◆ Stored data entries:
════════════════════

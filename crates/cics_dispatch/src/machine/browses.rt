//! The browses of a task, by file.

ghost use Rattle.std.specs.Prelude.{◌≡◌, ◌++◌, [], OnOk, OnErr, IfOk};
ghost use Rattle.std.specs.Borrow.{sem};
ghost use Rattle.std.specs.Option.{option_copied, option_copied_mut};
ghost use Rattle.cics_names.specs.Keyed.{value_at, with_value, without};
ghost use Rattle.cics_names.specs.Stamps.{list_stamp};
ghost use Rattle.cics_dispatch.specs.Machine.Browses.{read_on, after_read_on};
ghost use Rattle.cics_dispatch.specs.Machine.BrowseLoans.{LendsBrowse};
ghost use Rattle.cics_dispatch.specs.Machine.Stamps.{browse_stamp};

use cics_browse::{Browse, Browsed};
use cics_ksds::File;
use cics_names::{Name8, NoMemory, Record, stamp_number, stamp_text};
use std::alloc::Global;
use std::collections::BTreeMap;
use std::marker::Model;

/// The start of a browse that STARTBR or RESETBR asks for.
#[derive(Drop)]
pub struct BrowseStart {
    /// The key, or with GENERIC the first bytes of it.
    pub key: Record,
    /// Whether it has GENERIC.
    pub generic: bool,
    /// Whether it has EQUAL: no greater key will do.
    pub equal: bool,
}

/// The direction in which a browse reads on.
#[derive(Clone, Copy)]
pub enum Direction {
    /// READNEXT: towards the greater keys.
    Forward,
    /// READPREV: towards the lesser keys.
    Back,
}

/// Reads on in a browse, as `Browse::next` or `Browse::prev` does. `file` is the browse's own file
/// as it stands. On error the position stays.
pub fn read_on(browse: &mut Browse, file: &File, direction: Direction) -> Result<Browsed, NoMemory>
    ensures reply { IfOk result (λ reply. reply
        ≡ read_on direction file.now.records browse.old) }
    ensures position { OnOk result (browse.new
        ≡ after_read_on direction file.now.records browse.old) }
    ensures err { OnErr result (browse.new ≡ browse.old) }
{
    match direction {
        Direction::Forward => browse.next(file),
        Direction::Back => browse.prev(file),
    }
}

/// The open browses of a task, each under the name of its file. A task has at most one of a file.
///
/// Contracts see them as a map from the names to the positions, in the order of the names.
///
/// Cost: O(log browses) to find one.
#[derive(Drop)]
pub struct Browses {
    rows: BTreeMap<Name8, Browse>,
}

impl Model for Browses {
    ghost use Rattle.std.specs.Prelude.{T};
    ghost use Rattle.cics_names.specs.Keyed.{Map, is_rising};
    ghost use Rattle.cics_browse.specs.Positions.{Position};

    ghost Value = { Map Position };

    ghost view = { λ b. b.rows.entries };

    ghost invariant = { λ b. T (is_rising b.rows.entries) };
}

impl Browses {
    /// Returns no browses. `alloc` gives the memory for those to come.
    pub fn new(alloc: Global) -> Browses
        ensures { result ≡ [] }
    {
        Browses {
            rows: BTreeMap::new(alloc),
        }
    }

    /// Returns the browse of a file, if one is open.
    pub fn get(&self, file: &Name8) -> Option<&Browse>
        ensures { option_copied result ≡ value_at file.now self.now }
    {
        self.rows.get(file)
    }

    /// Returns the browse of a file, to be moved, if one is open. If it is left where it was, no
    /// browse changes.
    pub fn get_mut(&mut self, file: &Name8) -> Option<&mut Browse>
        ensures* writes_back { sem 𝓛 (LendsBrowse self.entry file.now result) }
        ensures browse { option_copied_mut result ≡ value_at file.now self.old }
    {
        self.rows.get_mut(file)
    }

    /// Adds a browse of a file, or replaces the one that is open.
    ///
    /// On error all browses stay as they were, and the new one is dropped.
    pub fn put(&mut self, file: Name8, browse: Browse) -> Result<(), NoMemory>
        ensures ok { OnOk result (self.new ≡ with_value file browse self.old) }
        ensures err { OnErr result (self.new ≡ self.old) }
    {
        self.rows.insert(file, browse)?;
        Ok(())
    }

    /// Ends the browse of a file, if one is open. Takes no memory.
    pub fn end(&mut self, file: &Name8)
        ensures { self.new ≡ without file.now self.old }
    {
        self.rows.remove(file);
    }

    /// Appends their stamp: of each, in the order of the names, its file's name and its position.
    ///
    /// Errors: `NoMemory`. Cost: O(browses).
    pub fn stamp(&self, out: &mut Vec<u8>) -> Result<(), NoMemory>
        ensures { OnOk result (out.new.items
            ≡ out.old.items ++ list_stamp browse_stamp self.now) }
    {
        for (file, browse) in &self.rows {
            stamp_number(out, 1)?;
            stamp_text(out, &file.bytes())?;
            browse.stamp(out)?;
        }
        stamp_number(out, 0)
    }

    /// Ends every browse. Takes no memory.
    pub fn end_all(&mut self)
        ensures { self.new ≡ [] }
    {
        self.rows.clear();
    }
}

════════════════════

◆ The problem:
Give again exactly, and only, the lines above starting at the one with "self.rows.get(file)" and ending at the one with "OnOk result (self.new".

◆ Completed task:
        self.rows.get(file)
    }

    /// Returns the browse of a file, to be moved, if one is open. If it is left where it was, no
    /// browse changes.
    pub fn get_mut(&mut self, file: &Name8) -> Option<&mut Browse>
        ensures* writes_back { sem 𝓛 (LendsBrowse self.entry file.now result) }
        ensures browse { option_copied_mut result ≡ value_at file.now self.old }
    {
        self.rows.get_mut(file)
    }

    /// Adds a browse of a file, or replaces the one that is open.
    ///
    /// On error all browses stay as they were, and the new one is dropped.
    pub fn put(&mut self, file: Name8, browse: Browse) -> Result<(), NoMemory>
        ensures ok { OnOk result (self.new ≡ with_value file browse self.old) }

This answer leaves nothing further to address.